Build a Socially Responsible Business
"What pisses you off?"
That's the first question Erin Giles, an up-and-coming coach to entrepreneurs, asks her clients. Giles's niche is helping female entrepreneurs find ways to work philanthropy into their businesses. The best way, she's found, to figure out what a person truly cares about is to find out what makes that person really, really angry.
Whether it's global warming or homelessness, if an individual is passionate about a cause, Giles can then help them channel that passion into their business or non-profit endeavor. And it works: According to Giles, 79% of customers will switch to your brand if it has some sort of do-good mission built in.
When we saw Giles, who is based in South Carolina, featured on one of our favorite design sites, Design*Sponge, we were intrigued. At Altruette, our business is built around philanthropy (each of our charms benefits one of more than 35 non-profits). We were curious to learn more about other ways women were working philanthropy into their business models and how "coaching" was helping them do so.
For Giles, who had been working at a literacy non-profit, her own revelation came after watching a documentary about global sex trafficking. Outraged, she remembered a campaign called End Malaria Day and wondered if she could create something similar. She quickly enlisted 60 writers to contribute essays and raised $10,000 online in 30 days to get a book published. The book, called End Sex Trafficking, will be released on End Sex Trafficking Day (September 26, 2012). Giles had taken a business-coaching course and had been considering a career shift. The success of her campaign gave her the push she needed to start her own coaching business with a focus on philanthropy.
Giles's clients primarily find her on her website or through Twitter ("my biggest networking tool," she says). Her four-week online course combines video and audio lessons, live group chats, and homework that's turned in via Facebook documents.

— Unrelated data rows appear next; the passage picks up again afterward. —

//! The automaton that is solved by the relation of a room.
ghost use Rattle.std.specs.Prelude.{◌≡◌, ℕ, ◌<◌, List, length, All, Contains, IfOk, OnOk};
ghost use Rattle.mls_automaton.specs.declared.automaton.Polarity.TheVariants.{Positive, Negative};
ghost use Rattle.mls_automaton.specs.declared.automaton.State.{State};
ghost use Rattle.mls_automaton.specs.Automata.{HasFlow, IsState, polarity_at, with_state};
ghost use Rattle.mls_automaton.specs.Heads.{combined};
ghost use Rattle.mls_automaton.specs.Models.{IsClosed};
ghost use Rattle.mls_solver.specs.declared.goal.Goal.{Goal};
ghost use Rattle.mls_solver.specs.Relations.{IsGoal};
ghost use Rattle.mls_solver.specs.Rooms.{Holds, HoldsStates};
ghost use Rattle.mls_solver.specs.Solutions.{HasInstancesUnder, IsSaturated};
ghost use Rattle.mls_solver.specs.Solved.{IsSolved, ReachesBy};
ghost use Rattle.mls_solver.specs.steps.Numbers.{ByOne, Inserts};
ghost use Rattle.mls_solver.specs.steps.Solving.{AddsFlows, AreMembers, AreSolvedTo, IsSolvedFlow, IsSolvedState};
ghost use Rattle.mls_solver.specs.steps.Solving.{IsTarget};

use crate::cells::Cells;
use crate::goal::is_state;
use crate::room::Room;
use mls_automaton::automaton::{Automaton, Polarity};
use mls_automaton::combine::combined_head;
use mls_automaton::state_set::StateId;
use mls_base::memory::Memory;
use std::alloc::Global;

/// The solved automaton of the relation that a room holds: the same states, with edges past related pairs and combined
/// heads. After `saturate` answered Ok on this automaton, its instances are exactly the instances under the goals.
///
/// A state costs its head, the pairs of the states at its edges, the size of the heads that are combined, times the
/// binary digits of their number, and the edges of the states whose heads go into its own, times those of their number.
///
/// # Errors
///
/// `Memory` where memory is wanting, and where there are more than 4294967296 states.
pub fn materialise(alloc: Global, room: &Room, a: &Automaton) -> Result<Automaton, Memory>
    requires closed { IsClosed a.now }
    requires states { HoldsStates a.now room.now }
    ensures solved { IfOk result (IsSolved a.now (Holds room.now)) }
    ensures closed { IfOk result IsClosed }
    ensures instances { IfOk result (λ solved. (goals : List Goal) → IsSaturated a.now goals room.now
        → HasInstancesUnder a.now (IsGoal goals) solved) }
{
    let mut marks = Cells::new(alloc, a.len())?;
    let mut solved = solved_states(&mut marks, alloc, room, a)?;
    add_flows(&mut solved, &mut marks, alloc, room, a)?;
    Ok(solved)
}

// The solved automaton without its edges.
fn solved_states(
    marks: &mut Cells,
    alloc: Global,
    room: &Room,
    a: &Automaton,
) -> Result<Automaton, Memory>
    requires closed { IsClosed a.now }
    requires states { HoldsStates a.now room.now }
    requires limit { marks.old.limit ≡ length a.now.states }
    ensures states { IfOk result (AreSolvedTo a.now (Holds room.now) (length a.now.states)) }
    ensures limit { marks.new.limit ≡ marks.old.limit }
{
    let mut solved = Automaton::new(alloc);
    for s in 0..a.len() {
        add_state(&mut solved, marks, alloc, room, a, StateId(s))?;
    }
    Ok(solved)
}

// Appends a state of the solved automaton.
fn add_state(
    solved: &mut Automaton,
    marks: &mut Cells,
    alloc: Global,
    room: &Room,
    a: &Automaton,
    s: StateId,
) -> Result<(), Memory>
    requires closed { IsClosed a.now }
    requires states { HoldsStates a.now room.now }
    requires in_range { s.0 < length a.now.states }
    requires limit { marks.old.limit ≡ length a.now.states }
    ensures limit { marks.new.limit ≡ marks.old.limit }
    ensures state { OnOk result ((state : State) × (solved.new ≡ with_state solved.old state)
        × IsSolvedState a.now (Holds room.now) s.0 state) }
{
    let polarity = a.polarity(s);
    let members = members(marks, alloc, room, a, s)?;
    let head = combined_head(alloc, a, polarity, members.as_slice())?;
    solved.state(polarity, head)?;
    Ok(())
}

// The states whose old heads go into the new head of a state.
fn members(
    marks: &mut Cells,
    alloc: Global,
    room: &Room,
    a: &Automaton,
    s: StateId,
) -> Result<Vec<usize>, Memory>
    requires closed { IsClosed a.now }
    requires states { HoldsStates a.now room.now }
    requires in_range { s.0 < length a.now.states }
    requires limit { marks.old.limit ≡ length a.now.states }
    ensures members { IfOk result (λ members. AreMembers a.now (Holds room.now) s.0 members.items) }
    ensures in_range { IfOk result (λ members. All (λ j. j < length a.now.states) members.items) }
    ensures limit { marks.new.limit ≡ marks.old.limit }
{
    marks.clear();
    marks.insert(s.0);
    mark_reaching(marks, room, a, s);
    let members = marked(alloc, marks)?;
    Ok(members)
}

// Marks the states whose old heads go into the new head of a state by an edge and a related pair.
fn mark_reaching(marks: &mut Cells, room: &Room, a: &Automaton, s: StateId)
    requires closed { IsClosed a.now }
    requires states { HoldsStates a.now room.now }
    requires in_range { s.0 < length a.now.states }
    requires limit { marks.old.limit ≡ length a.now.states }
    ensures { Inserts marks.old marks.new (ReachesBy a.now (Holds room.now) (polarity_at a.now s.0) s.0) }
{
    match a.polarity(s) {
        Polarity::Positive => mark_above_all(marks, room, a.partners(s).as_slice()),
        Polarity::Negative => mark_below_all(marks, room, a.partners(s).as_slice()),
    }
}

// Marks the states that are related to one of the negative ones.
fn mark_above_all(marks: &mut Cells, room: &Room, negatives: &[usize])
    requires { (p n : ℕ) → Holds room.now p n → p < marks.old.limit }
    ensures { Inserts marks.old marks.new (ByOne negatives.now (λ n p. Holds room.now p n)) }
{
    for n in negatives {
        room.mark_above(marks, StateId(*n));
    }
}

// Marks the states to which one of the positive ones is related.
fn mark_below_all(marks: &mut Cells, room: &Room, positives: &[usize])
    requires { (p n : ℕ) → Holds room.now p n → n < marks.old.limit }
    ensures { Inserts marks.old marks.new (ByOne positives.now (λ p n. Holds room.now p n)) }
{
    for p in positives {
        room.mark_below(marks, StateId(*p));
    }
}

// The marked numbers, in the order in which they came.
fn marked(alloc: Global, marks: &Cells) -> Result<Vec<usize>, Memory>
    ensures { IfOk result (λ numbers. numbers.items ≡ marks.now.members) }
{
    let mut numbers = Vec::new(alloc);
    for i in 0..marks.len() {
        numbers.push(marks.get(i))?;
    }
    Ok(numbers)
}

// Adds the edges of the solved automaton.
fn add_flows(
    solved: &mut Automaton,
    marks: &mut Cells,
    alloc: Global,
    room: &Room,
    a: &Automaton,
) -> Result<(), Memory>
    requires closed { IsClosed a.now }
    requires states { HoldsStates a.now room.now }
    requires old { AreSolvedTo a.now (Holds room.now) (length a.now.states) solved.old }
    requires limit { marks.old.limit ≡ length a.now.states }
    ensures { OnOk result (AddsFlows solved.old solved.new (IsSolvedFlow a.now (Holds room.now))) }
{
    for n in 0..a.len() {
        if is_state(a, StateId(n), Polarity::Negative) {
            add_flows_from(solved, marks, alloc, room, a, StateId(n))?;
        }
    }
    Ok(())
}

// Adds the edges from one state.
fn add_flows_from(
    solved: &mut Automaton,
    marks: &mut Cells,
    alloc: Global,
    room: &Room,
    a: &Automaton,
    n: StateId,
) -> Result<(), Memory>
    requires closed { IsClosed a.now }
    requires states { HoldsStates a.now room.now }
    requires negative { IsState a.now Negative n.0 }
    requires old { (p : _) (s : ℕ) → IsState a.now p s → IsState solved.old p s }
    requires size { length solved.old.states ≡ length a.now.states }
    requires limit { marks.old.limit ≡ length a.now.states }
    ensures flows { OnOk result (AddsFlows solved.old solved.new
        (λ m q. (m ≡ n.0) × IsSolvedFlow a.now (Holds room.now) n.0 q)) }
    ensures limit { marks.new.limit ≡ marks.old.limit }
{
    if a.partners(n).is_empty() {
        return Ok(());
    }
    let members = members(marks, alloc, room, a, n)?;
    marks.clear();
    mark_targets(marks, a, members.as_slice());
    let mut targets = marked(alloc, marks)?;
    targets.sort_unstable();
    add_flows_to(solved, n, targets.as_slice())
}

// Marks the states to which one of these negative states has an edge.
fn mark_targets(marks: &mut Cells, a: &Automaton, members: &[usize])
    requires closed { IsClosed a.now }
    requires limit { marks.old.limit ≡ length a.now.states }
    requires negative { All (IsState a.now Negative) members.now }
    ensures { Inserts marks.old marks.new (IsTarget a.now members.now) }
{
    for m in members {
        mark_partners(marks, a, StateId(*m));
    }
}

// Marks the states to which a negative state has an edge.
fn mark_partners(marks: &mut Cells, a: &Automaton, n: StateId)
    requires closed { IsClosed a.now }
    requires limit { marks.old.limit ≡ length a.now.states }
    requires negative { IsState a.now Negative n.0 }
    ensures { Inserts marks.old marks.new (HasFlow a.now n.0) }
{
    mark_all(marks, a.partners(n).as_slice());
}

// Marks these numbers.
fn mark_all(marks: &mut Cells, numbers: &[usize])
    requires { All (λ x. x < marks.old.limit) numbers.now }
    ensures { Inserts marks.old marks.new (Contains numbers.now) }
{
    for x in numbers {
        marks.insert(*x);
    }
}

// Adds an edge to each of these states.
pub(crate) fn add_flows_to(
    solved: &mut Automaton,
    n: StateId,
    targets: &[usize],
) -> Result<(), Memory>
    requires negative { IsState solved.old Negative n.0 }
    requires positive { All (IsState solved.old Positive) targets.now }
    ensures { OnOk result (AddsFlows solved.old solved.new (λ m q. (m ≡ n.0) × Contains targets.now q)) }
{
    for q in targets {
        solved.add_flow(n, StateId(*q))?;
    }
    Ok(())
}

Of her current crop of "mentees," one woman is developing an app called "The Create Change App" which will be everything you needed to know about upcycling (type in shower curtain get ideas for how to repurpose your old one such as turn it into a kite for your kids). Another client, Share Ross, the ex-bass player from the band Vixen, is creating a philanthropic project called Girls, Guitars and Guts. Her first project is planning a one-day event for teen girls that will inspire, motivate, and of course, rock.
Giles's main advice is that when pairing any sort of business endeavor with philanthropy, the most important thing you can do is be authentic. Explain to your customers what your passion is and why you feel so strongly. Create an emotional connection through your story that they want to be a part of. She also cautions that even if you're starting small, you should dream big.
"So many people think that if they're not making millions they can't give back." Not true, says Giles. Her advice is to try and give from Day 1. She cites her own experience raising $10,000.
"When I took this on I was making hardly anything," she says. "But I could still give--I gave my time."